Stadt stutzt «Baumzimmer» am Centralweg

Bern

Die Stadt Bern redimensioniert die Balkone, die für den geplanten Neubau am Centralweg «identitätsstiftend» waren. Damit desavouiere sie ihr eigenes Projekt, kritisiert der Quartierverein.

Die ellipsenförmigen «Baumzimmer» aus der Visualisierung sind vom Tisch, das Ringen um eine Überbauung des Centralwegs geht weiter.

Die ellipsenförmigen «Baumzimmer» aus der Visualisierung sind vom Tisch, das Ringen um eine Überbauung des Centralwegs geht weiter.

(Bild: zvg)

Christoph Hämmann

Die verworrene Geschichte um den Neubau der Stadt am Centralweg mit 13 Wohnungen ist um ein Kapitel reicher. Am 15. Januar hat die Stadt bei ihrem Bauinspektorat eine Projektänderung eingereicht.

Dies belegen der Brief eines Anwalts im Auftrag der Stadt sowie die anschliessende Verfügung des Regierungsstatthalters, die dieser Zeitung vorliegen. Wegen der «weiterhin fehlenden Zustimmungserklärung» des Nachbarn, ohne die sich die «Baumzimmer» nicht wie geplant realisieren lassen, hat die Stadt diese vier Balkone nun überarbeitet.

«Endlich begraben»

Die neuen Pläne zeigen, dass von den ursprünglich geplanten «Baumzimmern» fast nichts mehr übrig geblieben ist. Der Steg, der auf die Balkone hätte führen sollen, ist einmal zum Stummel verkümmert, zweimal fehlt er ganz. In allen vier Fällen sind aus den ellipsenförmigen «Baumzimmern» rechteckige Balkone geworden.

Würde die Jury, die das Projekt Ende 2010 aus 62 Eingaben auswählte, noch immer von «stimmigen Baumzimmern» reden, die «für die Wohnungen identitätsstiftenden Charakter und interessante zwischenräumliche Bezüge» schaffen? «Ja, Charakter und Bezüge werden auch nach der Projektänderung weitestgehend gewährleistet», sagt Jurypräsident Fernand Raval. Als Leiter von Immobilien Stadt Bern, der das Projekt endlich realisieren möchte, dürfte er indes nicht ganz unbefangen sein.

Im Quartier jedenfalls nehmen die Kritiker die neuste Vorlage dankbar auf. «Die Stadt desavouiert ihr eigenes Projekt», sagt Johannes Wartenweiler vom Verein Läbigi Lorraine. Angesichts der Vorgeschichte, der hängigen Rechtshändel sowie der Aussicht auf eine erneute Publikation des modifizierten Projekts, die der Regierungsstatthalter vorschreiben könnte, spricht Wartenweiler von einem «unverhältnismässigen Murks». Die Verantwortlichen der Stadt sollten ihr Projekt «endlich begraben und einen Vorschlag machen, den auch die Lorraine unterstützen kann», verlangt er, und: «Preisgünstiger Wohnungsbau ist gefragt.»

Futter für Juristen

Inzwischen hat die Stadt aufgehört, Prognosen abzugeben. Über den Fahrplan bis zu einem allfälligen Baustart «kann heute keine Angabe gemacht werden», teilt Raval mit. Der vom Fonds für Boden- und Wohnbaupolitik gesprochene Planungskredit betrage 1,28 Millionen Franken. «Derzeit bewegen wir uns mit den bisher aufgelaufenen Kosten innerhalb dieses Kredites.»

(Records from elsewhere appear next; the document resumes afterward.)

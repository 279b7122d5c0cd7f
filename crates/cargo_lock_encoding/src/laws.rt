//! Laws of tables, each the contract of a function without a body.

ghost use Rattle.cargo_lock_encoding.specs.PrintedTable.{TextIsRead, ValuesAreRead};
ghost use Rattle.cargo_lock_encoding.specs.TableMetadata.{MeansKeyByKey, ReadsKeyByKey};

/// The metadata of a lockfile that a table means has, at each key, exactly the text of the last
/// pair with the key in the table under `metadata`, and nothing if no pair has the key. A value
/// reads as metadata exactly if it is a table with only texts, or is absent.
pub fn metadata_is_read_key_by_key()
    ensures means { MeansKeyByKey }
    ensures reads { ReadsKeyByKey }
{}

/// `toml` reads the text of `EncodableLockfile::to_string` as the table of its values without the
/// root, without an empty list of packages, without the replacement of a package that has
/// dependencies, and without a number below 3. The law requires that the number is below 2^63,
/// which an `i64` always is.
pub fn values_are_read()
    ensures { ValuesAreRead }
{}

/// `toml` reads the printed text of every lockfile as its table without the root, without an empty
/// list of packages and without the replacement of a package that has dependencies.
pub fn text_is_read()
    ensures { TextIsRead }
{}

Im vergangenen September beklagte Gemeinderat Alexandre Schmidt (FDP), die Brache sei nun langjährig blockiert. Damals annullierte das Parlament seinen eigenen Entscheid vom Mai 2013, als es 8,8 Millionen Franken für den Bau bewilligt hatte. Bis heute ist juristisch unklar, welcher Entscheid gilt. Die FDP ficht den zweiten Beschluss mit einer Beschwerde an, während Stadtrat Luzius Theiler (GPB) bekämpft, dass das Parlament in dieser Sache beim Regierungsstatthalter durch den Gemeinderat vertreten wird.